Festival Olhares do Mediterrâneo

Este Setembro chega ao Cinema São Jorge, em Lisboa, entre os dias 27 e 30, a 5.ª edição do Festival Olhares do Mediterrâneo – Cinema no Feminino com uma mostra de 51 filmes, numa programação constituída por secções competitivas, não competitivas e diversos programas paralelos.

O Festival prossegue, nesta nova edição, o objectivo desde a origem traçado, de mostrar filmes que resultam do trabalho criativo de mulheres de países do Mediterrâneo, ou mulheres oriundas de qualquer outro lugar do mundo a trabalhar em países do Mediterrâneo.

“Figlia Mia” (Daughter of Mine), de Laura Bispuri, longa-metragem em competição, abre a 5.ª edição do Festival no dia 27 de Setembro, e conta-nos a história de uma menina de 10 anos na Sardenha, dividida entre duas mães. Esta é uma estreia nacional, depois do filme ter estado em competição em festivais como Berlinale, Sydney Film Festival ou o Hong Kong International Film Festival. Neste último, o filme venceu o prémio do júri na categoria “Young Cinema Competition”.
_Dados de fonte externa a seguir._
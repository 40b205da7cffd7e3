// The step sheet of a question as definitions and theorems, its sizes, steps, branches and constants, and what filling answers. The code
// that fills a sheet stands above.
#![tactic(auto)]

ghost use Rattle.std.specs.Prelude.{◌≡◌};
ghost use Rattle.worksheet_spec.specs.Steps.{Numbers, step_number};
ghost use Rattle.worksheet_spec.specs.Refusals.{refusal_number};
ghost use Rattle.worksheet_spec.specs.Filling.{no_sheet};

use augmented_spec::{Flags, Pair};

// Words of a line, most lines, and words of a sheet (R5.21, R5.22).
pub const LINE_SIZE: usize = 6;

pub const MOST_LINES: usize = 13;

pub const SHEET_SIZE: usize = MOST_LINES * LINE_SIZE;

// The step of a line.
#[derive(Clone, Copy, PartialEq, Eq)]
pub enum Step {
    Add,
    Subtract,
    Multiply,
    Fused,
}

// A number that is no step's.
#[derive(Clone, Copy, PartialEq, Eq)]
pub struct NoStep;

// Step numbers (R5.22).
impl TryFrom<u32> for Step {
    type Error = NoStep;

    ghost try_from_gives = { Numbers };

    fn try_from(number: u32) -> Result<Step, NoStep> {
        match number {
            1 => Ok(Step::Add),
            2 => Ok(Step::Subtract),
            3 => Ok(Step::Multiply),
            4 => Ok(Step::Fused),
            _ => Err(NoStep),
        }
    }
}

impl From<Step> for u32 {
    ghost from_gives = { λ step number. number ≡ step_number step };

    fn from(step: Step) -> u32 {
        match step {
            Step::Add => 1,
            Step::Subtract => 2,
            Step::Multiply => 3,
            Step::Fused => 4,
        }
    }
}

// How a product goes on, by its first line (R5.12).
#[derive(Clone, Copy)]
pub enum Branch {
    NotANumber,
    Infinite,
    Zero,
    Tiny,
    Middle,
    Other,
}

// The constants of the step sheet (R5.1): first factors (R5.2), and u, which is taken away. PSI is 1 - 2^-24.
pub const PSI: u32 = 0x3f7f_ffff;

pub const TWO: u32 = 0x4000_0000;

pub const MINUS_TWO: u32 = 0xc000_0000;

pub const HALF: u32 = 0x3f00_0000;

// 2 - 2^-23
pub const KAPPA: u32 = 0x3fff_ffff;

pub const TWO_TO_24: u32 = 0x4b80_0000;

pub const TWO_TO_48: u32 = 0x5780_0000;

pub const TWO_TO_MINUS_24: u32 = 0x3380_0000;

pub const PLUS_ZERO: u32 = 0x0000_0000;

// u, 2^-149
pub const SMALLEST: u32 = 0x0000_0001;

// What a filled sheet answers: its line count, and the pair at its foot with its flags.
#[derive(Clone, Copy)]
pub struct Filled {
    pub lines: u32,
    pub pair: Pair,
}

// Why no sheet is filled: the operation number is no operation's, or too few words are lent.
#[derive(Clone, Copy, PartialEq, Eq)]
pub enum NotFilled {
    Operation,
    Words,
}

// Refusals (R8.5).
impl From<NotFilled> for u32 {
    ghost from_gives = { λ refusal number. number ≡ refusal_number refusal };

    fn from(refusal: NotFilled) -> u32 {
        match refusal {
            NotFilled::Operation => 10,
            NotFilled::Words => 9,
        }
    }
}

// What filling answers, as numbers for C: the refusal's and zeros; or 0, the line count, and the pair at the foot with its flags.
#[repr(C)]
#[derive(Clone, Copy)]
pub struct FilledNumbers {
    pub refusal: u32,
    pub lines: u32,
    pub first: u32,
    pub second: u32,
    pub flags: Flags,
}

// A refused call has no line, no pair and no flag.
impl From<NotFilled> for FilledNumbers {
    ghost from_gives = { λ refusal numbers. numbers ≡ no_sheet (refusal_number refusal) };

    fn from(refusal: NotFilled) -> FilledNumbers {
        FilledNumbers {
            refusal: u32::from(refusal),
            lines: 0,
            first: 0,
            second: 0,
            flags: Flags::default(),
        }
    }
}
A esta juntam-se mais cinco longas, todas estreias nacionais e algumas internacionais, de origens tão diversas como Espanha, Turquia, França, Itália ou México: “Fields of Anger”, documentário de Anne Gintzburger, narrado por Catherine Deneuve, que dá conta da crise agrícola na Normandia e na Bretanha; os premiados documentários “Improsioned Lullaby”, de Rossella Schillaci e “Rush Hour”, de Luciana Kaplan; “Analysis of Blue Blood”, de Bianca Torres e Gabriel Velázquez; e “My Short Words” da dupla turca combinando realização e produção Büşra Bülbül e Bekir Bülbül.

Já na secção competitiva de curtas-metragens foram seleccionados mais de 20 títulos, entre os quais constam os premiadíssimos: “Get up, Kinshasa!”, uma co-produção francesa e congolesa de ficção, de Sébastien Maitre, co-argumento de Valérie Gaudissart e produção de Laura Townsend (Prémio Especial de Júri, no Festival de Clermont-Ferrand, em França, entre muitos outros); “Marlon” de Jéssica Palud; ou “Negah”, de Farnoosh Samadi. Entre as curtas há também espaço para algumas comédias, como “Bobol” de Khedija Lemkecher, um retrato cómico aos casamentos tunisinos; ou “The Demantlai’s”, de Reem Samarani, uma ficção libanesa sobre uma família que se odeia e que partilha o mesmo tecto e que, motivada pela morte de um tio que lhes deixou uma grande fortuna, terá que voltar a estar unida (secção Começar a Olhar).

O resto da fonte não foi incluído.